The Martian – Set in the near future, Mark Watney is left behind after a manned mission to Mars. Much of the book is from Watney’s perspective, and it’s fascinating to watch him run though the math and mechanics to keep himself alive on an inhospitable planet. Though the book is very heavily rooted in science, Watney’s sense of humor as he’s describing it makes it very entertaining to read. This is definitely a feel good book and a must-read.
American Gods – This novel imagines the gods of the old world covertly battling the gods of the new. While it can be something of a crash course in world mythology, at its core the book is about Shadow, and ex-convict trying to find peace with his past, his present, and also his future. Lovers of the fantasy genre will adore the scope and nuance of this masterfully written work.

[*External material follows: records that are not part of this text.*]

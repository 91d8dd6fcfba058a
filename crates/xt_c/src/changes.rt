//! The calls of which a change is made, by their own arguments: what they tell goes by their status, and no words of a request or a reply
//! are written and read for them.

ghost use Rattle.std.specs.Prelude.{◌≡◌, ◌==◌, Some, not};
ghost use Rattle.xt_base.specs.declared.steps.Request.TheVariants.{Alloc, Commit, Read};
ghost use Rattle.xt_c.specs.Changing.{IsAllocated, IsAsked, IsAskedOf, logging};
ghost use Rattle.xt_c.specs.Holding.{held};

use crate::calls::ASKS;
use crate::handle::Handle;
use crate::status::{refusal, status_of};
use std::alloc::Global;
use xt_base::data_ref::DataRef;
use xt_base::names::{Block, TransNo};
use xt_base::steps::{Errno, Reply};
use xt_mount::mount::Mount;

/// Opens a transaction, and writes its number where it is open.
fn open_trans(mount: &mut Mount, unit: u32, count: u32, perm: bool, trans: &mut u64) -> i32
    ensures allocated { IsAllocated (Alloc unit count perm) result trans.new trans.old (Some mount.new) (Some mount.old) }
    ensures slot { mount.new.slot ≡ mount.old.slot }
{
    match mount.alloc(unit, count, perm) {
        Reply::Trans(number) => {
            *trans = number.0;
            0
        }
        told => status_of(&told),
    }
}

/// Opens a transaction of `count` legs of `unit` log bytes, which may roll where `perm` is not 0: 0, and its number is written; else an errno, and it is
/// not.
#[unsafe(no_mangle)]
pub extern "C" fn refskold_abi_alloc(
    alloc: Global,
    handle: &mut Handle,
    unit: u32,
    count: u32,
    perm: u32,
    trans: &mut u64,
) -> i32
    ensures { IsAllocated (Alloc unit count (not (perm == 0))) result trans.new trans.old (held handle.new) (held handle.old) }
{
    let Some(mut mount) = handle.take(alloc) else {
        return refusal(Errno::NoDevice);
    };
    let status = open_trans(&mut mount, unit, count, perm != 0, trans);
    handle.put(mount);
    status
}

/// Locks a block with its content, where that does not ask the home device.
fn read(mount: &mut Mount, trans: TransNo, block: Block) -> i32
    ensures asked { IsAsked (Read trans block) result (Some mount.new) (Some mount.old) }
    ensures slot { mount.new.slot ≡ mount.old.slot }
{
    match mount.try_read(trans, block) {
        Ok(told) => status_of(&told),
        Err(_) => ASKS,
    }
}

/// Locks a block with its content for a transaction: 0. 1: the home device must be asked for it, nothing is changed, and the read is to be
/// asked again with the answer. Else an errno.
#[unsafe(no_mangle)]
pub extern "C" fn refskold_abi_read(
    alloc: Global,
    handle: &mut Handle,
    trans: u64,
    block: u64,
) -> i32
    ensures { IsAsked (Read trans block) result (held handle.new) (held handle.old) }
{
    let Some(mut mount) = handle.take(alloc) else {
        return refusal(Errno::NoDevice);
    };
    let status = read(&mut mount, TransNo(trans), Block(block));
    handle.put(mount);
    status
}

/// Writes bytes in a block of a transaction.
fn log(mount: &mut Mount, trans: TransNo, block: Block, first: u32, bytes: &[u8]) -> i32
    ensures logged { IsAskedOf (logging trans block first bytes.now) result (Some mount.new) (Some mount.old) }
    ensures slot { mount.new.slot ≡ mount.old.slot }
{
    match DataRef::of(bytes) {
        Some(bytes) => status_of(&mount.log(trans, block, first, &bytes)),
        None => refusal(Errno::Invalid),
    }
}

/// Writes bytes in a block of a transaction, from `first` on. They are copied once, to where they are kept. EINVAL also where they are more than
/// 4,096, and nothing is changed.
#[unsafe(no_mangle)]
pub extern "C" fn refskold_abi_log(
    alloc: Global,
    handle: &mut Handle,
    trans: u64,
    block: u64,
    first: u32,
    bytes: &[u8],
) -> i32
    ensures { IsAskedOf (logging trans block first bytes.now) result (held handle.new) (held handle.old) }
{
    let Some(mut mount) = handle.take(alloc) else {
        return refusal(Errno::NoDevice);
    };
    let status = log(&mut mount, TransNo(trans), Block(block), first, bytes);
    handle.put(mount);
    status
}

/// Commits a transaction.
fn commit(mount: &mut Mount, trans: TransNo) -> i32
    ensures asked { IsAsked (Commit trans) result (Some mount.new) (Some mount.old) }
    ensures slot { mount.new.slot ≡ mount.old.slot }
{
    status_of(&mount.commit(trans))
}

/// Ends a transaction, and commits its changes: 0, or an errno.
#[unsafe(no_mangle)]
pub extern "C" fn refskold_abi_commit(alloc: Global, handle: &mut Handle, trans: u64) -> i32
    ensures { IsAsked (Commit trans) result (held handle.new) (held handle.old) }
{
    let Some(mut mount) = handle.take(alloc) else {
        return refusal(Errno::NoDevice);
    };
    let status = commit(&mut mount, TransNo(trans));
    handle.put(mount);
    status
}
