//! Requests, read from a caller's words.

ghost use Rattle.std.specs.Prelude.{◌≡◌, ◌==◌, ◌≤◌, ◌↔◌, ◌⊎◌, None, Some, IfErr, IfOk, IfSome, IsSome, length, true};
ghost use Rattle.xt_base.specs.Form.{is_size};
ghost use Rattle.xt_base.specs.declared.sizes.TheConstants.{DATA_BYTES};
ghost use Rattle.xt_base.specs.declared.steps.Errno.TheVariants.{Invalid, NoMemory};
ghost use Rattle.xt_c.specs.Requests.{answer_of, of_block, of_mount, request_of, logged};

use crate::words::RequestWords;
use std::alloc::{AllocError, Global};
use xt_base::content::{Content, Data};
use xt_base::form::is_block_size;
use xt_base::names::{Block, CkptNo, TransNo};
use xt_base::sizes::DATA_BYTES;
use xt_base::steps::{Answer, Errno, Request};

/// A copy of bytes, made in one piece: byte by byte, as `to_vec` makes it, it takes several times as long. The one error is want of memory.
fn copy_of(alloc: Global, bytes: &[u8]) -> Result<Vec<u8>, AllocError>
    ensures { IfOk result (λ copy. copy.items ≡ bytes.now) }
{
    let mut copy = Vec::with_capacity(alloc, bytes.len())?;
    copy.extend_from_slice(bytes)?;
    Ok(copy)
}

/// These bytes, copied as they stand; None where they are more than 4,096. The one error is want of memory. They go with the call, so it does not pay
/// to look for a stretch of one byte among them, as `Data::of` does.
fn copied(alloc: Global, bytes: &[u8]) -> Result<Option<Data>, AllocError>
    ensures valid { IfOk result (λ found. IsSome found ↔ (length bytes.now ≤ DATA_BYTES)) }
    ensures value { IfOk result (λ found. IfSome found (λ carried. carried ≡ bytes.now)) }
{
    if bytes.len() > DATA_BYTES {
        return Ok(None);
    }
    Data::of_vec(alloc, copy_of(alloc, bytes)?)
}

/// A change of a block by these bytes. `Invalid` where they are too many.
fn logged(alloc: Global, from: RequestWords, bytes: &[u8]) -> Result<Request, Errno>
    ensures ok { IfOk result (λ request. logged from bytes.now ≡ Some request) }
    ensures err { IfErr result (λ errno. ((errno ≡ Invalid) × (logged from bytes.now ≡ None)) ⊎ (errno ≡ NoMemory)) }
{
    match copied(alloc, bytes) {
        Ok(Some(bytes)) => Ok(Request::Log {
            first: from.first,
            trans: TransNo(from.trans),
            block: Block(from.block),
            bytes,
        }),
        Ok(None) => Err(Errno::Invalid),
        Err(_) => Err(Errno::NoMemory),
    }
}

/// A request that names a transaction and a block, and carries no bytes.
fn of_block(from: RequestWords) -> Option<Request>
    ensures { result ≡ of_block from }
{
    let trans = TransNo(from.trans);
    let block = Block(from.block);
    match from.word {
        1 => Some(Request::Get { trans, block }),
        2 => Some(Request::Read { trans, block }),
        3 => Some(Request::View { trans, block }),
        5 => Some(Request::Hold { trans, block }),
        6 => Some(Request::Unhold { trans, block }),
        7 => Some(Request::Relse { trans, block }),
        8 => Some(Request::Join { trans, block }),
        9 => Some(Request::Release { block }),
        10 => Some(Request::Inval { trans, block }),
        _ => None,
    }
}

/// A request that names no block.
fn of_mount(from: RequestWords) -> Option<Request>
    ensures { result ≡ of_mount from }
{
    let trans = TransNo(from.trans);
    match from.word {
        0 => Some(Request::Alloc {
            unit: from.unit,
            count: from.count,
            perm: from.perm != 0,
        }),
        11 => Some(Request::Commit { trans }),
        12 => Some(Request::Roll { trans }),
        13 => Some(Request::Cancel { trans }),
        14 => Some(Request::Force),
        15 => Some(Request::ForceTo {
            number: CkptNo(from.number),
        }),
        16 => Some(Request::Push),
        17 => Some(Request::Shutdown),
        18 => Some(Request::Freeze),
        19 => Some(Request::Thaw),
        20 => Some(Request::Unmount),
        _ => None,
    }
}

/// The request that words spell, with the bytes of a change. `Invalid` where they spell none.
pub fn request_of(alloc: Global, from: RequestWords, bytes: &[u8]) -> Result<Request, Errno>
    ensures ok { IfOk result (λ request. request_of from bytes.now ≡ Some request) }
    ensures err { IfErr result (λ errno. ((errno ≡ Invalid) × (request_of from bytes.now ≡ None)) ⊎ ((errno ≡ NoMemory) × ((from.word == 4) ≡ true))) }
{
    if from.word == 4 {
        return logged(alloc, from, bytes);
    }
    let found = if 0 < from.word && from.word < 11 {
        of_block(from)
    } else {
        of_mount(from)
    };
    match found {
        Some(request) => Ok(request),
        None => Err(Errno::Invalid),
    }
}

/// The content of these bytes, which are copied; None where a block may not have so many. The one error is want of memory.
fn content_of(alloc: Global, bytes: &[u8]) -> Result<Option<Content>, AllocError>
    ensures whole { IfOk result (λ found. IsSome found ↔ (is_size (Some (length bytes.now)) ≡ true)) }
    ensures value { IfOk result (λ found. IfSome found (λ content. content ≡ bytes.now)) }
{
    if !is_block_size(bytes.len()) {
        return Ok(None);
    }
    Content::of_vec(alloc, copy_of(alloc, bytes)?)
}

/// What was answered for a block: nothing yet, this content, or a failure. `Invalid` where the word says none of these, or a block may
/// not have the content's length.
pub fn answer_of(alloc: Global, word: u32, content: &[u8]) -> Result<Answer, Errno>
    ensures ok { IfOk result (λ answer. answer_of word content.now ≡ Some answer) }
    ensures err { IfErr result (λ errno. ((errno ≡ Invalid) × (answer_of word content.now ≡ None)) ⊎ ((errno ≡ NoMemory) × ((word == 1) ≡ true))) }
{
    match word {
        0 => Ok(Answer::None),
        1 => match content_of(alloc, content) {
            Ok(Some(content)) => Ok(Answer::Content(content)),
            Ok(None) => Err(Errno::Invalid),
            Err(_) => Err(Errno::NoMemory),
        },
        2 => Ok(Answer::Failed),
        _ => Err(Errno::Invalid),
    }
}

The Time Traveler’s Wife – Don’t let the title fool you, this is the absolute best time travel story that I’ve ever read. The author goes to great lengths to make sure everything is connected, logical, and executed well. The main character is genetically predisposed to lose his place in time, and in doing so, meets his wife as a little girl. But then a question arises … does he condition her to one day be his wife, or, when she meets the young adult version of him for the first time, does she condition him to be her husband? The complexities of cause and effect mixed with potent emotional moments between man and wife make for a wonderfully written, highly engaging read.